A study recently published in Arthritis Care & Research concluded that there are differences in the outcomes of patients with childhood-onset systemic lupus erythematosus (SLE) and adult-onset SLE, which provides important prognostic information about long-term SLE disease activity and treatment.1
SLE affects 10 times as many women as men and typically develops in people in their twenties and thirties. In 2005, the prevalence of SLE was estimated at between 161,000 and 322,000, with 15% to 20% of SLE patients diagnosed during childhood, age 18 years and under. Although short-term survival rates for childhood-onset SLE have improved dramatically over the last several decades, for unknown reasons, a significant percentage of childhood-onset SLE patients still die prematurely.

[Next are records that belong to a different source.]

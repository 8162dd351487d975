//! The command `report FILE` with its options: the figures of the deck of the network of a file.
ghost use Rattle.std.specs.Prelude.{◌≡◌, ◌≤◌, IfOk, IsErrOf, length};
ghost use Rattle.dom_io.specs.Held.{file_limit};
ghost use Rattle.command_words.specs.SynthOptionWords.{AreGoodOptions};
ghost use Rattle.command_answers.specs.Decks.{AreFigureLines, AreFiguresFor};
ghost use Rattle.command_answers.specs.declared.answer.Ending.TheVariants.{Done};
ghost use Rattle.synth_flow.specs.SummaryLines.{summary_lines};
ghost use Rattle.trace_tool.specs.CosimRefusals.{IsUnflattened};
ghost use Rattle.trace_tool.specs.declared.fault.TraceFault.{TraceFault as Fault};

use crate::answer::{Answer, Ending};
use dom_base::{Name, OutOfMemory};
use net_flatten::Network;
use std::alloc::Global;
use synth_flow::{Summary, SynthOptions, append_summary, summary};
use trace_tool::{TraceFault, network_of_text};

/// The figures of the deck of the network of these bytes, which are those of a file, with options. The deck isn't made.
pub fn report(alloc: Global, bytes: &[u8], options: SynthOptions) -> Result<Answer, TraceFault>
    requires within { length bytes.now ≤ file_limit }
    requires good_options { AreGoodOptions options }
    ensures figures { IfOk result (λ answer. AreFiguresFor bytes.now options answer.text.items × (answer.ending ≡ Done)) }
    ensures refused { (why : Fault) → IsErrOf result why → IsUnflattened bytes.now why }
{
    let network = network_of_text(alloc, bytes)?;
    let text = figure_lines(alloc, &network, options)?;
    let ending = Ending::Done;
    Ok(Answer { text, ending })
}

/// The text of the figures of the deck of a network, with options.
fn figure_lines(
    alloc: Global,
    network: &Network,
    options: SynthOptions,
) -> Result<Vec<u8>, OutOfMemory>
    requires good_options { AreGoodOptions options }
    ensures { IfOk result (λ text. AreFigureLines network.now options text.items) }
{
    let figures = summary(alloc, network, options)?;
    let text = figures_text(alloc, &network.name, &figures)?;
    Ok(text)
}

/// The text of the figures of the deck of a model of this name.
pub fn figures_text(alloc: Global, model: &Name, figures: &Summary) -> Result<Vec<u8>, OutOfMemory>
    ensures { IfOk result (λ text. text.items ≡ summary_lines model.now figures.now) }
{
    let mut text = Vec::new(alloc);
    append_summary(&mut text, model, figures)?;
    Ok(text)
}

The researchers used data derived from the University of California’s Lupus Outcomes Study—an observational study of 885 adult subjects with SLE, 90 of whom had childhood-onset SLE. They gathered baseline and one-year follow-up data through telephone interviews conducted between 2002 and 2006. Using self-report data on differences in organ involvement and disease morbidity, current disease status and activity, past and current medication use, and number of physician visits, they then compared the data based on age at diagnosis with SLE.
Among the researchers on the project was Aimee O. Hersh, MD, a recent recipient of the ACR Research and Education Foundation (REF) Physician Scientist Development Award. When Dr. Hersh and her colleagues set out to compare the differences in long-term outcomes between adults with childhood-onset SLE and adults with adult-onset SLE, the hope was that their findings would eventually help clinicians design interventions to improve outcomes for patients with childhood-onset SLE.
“We found that patients with childhood-onset SLE were more likely to have renal disease, which was expected. But we also found that there were similar outcomes with other co-morbidities, like clotting disorders, seizures, and myocardial infarction,” explains Dr. Hersh.
The researchers also found that at follow-up, patients with childhood-onset SLE were more likely to be taking steroids and other immunosuppressive therapies and reported a higher number of nephrology visits than the patients with adult-onset SLE. “This study provides prognostic information on co-morbidities that had not been studied before,” says Dr. Hersh. “As a pediatric rheumatologist taking care of these patients, I’m asked ‘Will I have to take these medications forever?’ so studies like these are important so that we can educate our patients about future outcomes and so we can discuss the practical interventions to prevent these other co-morbidities.”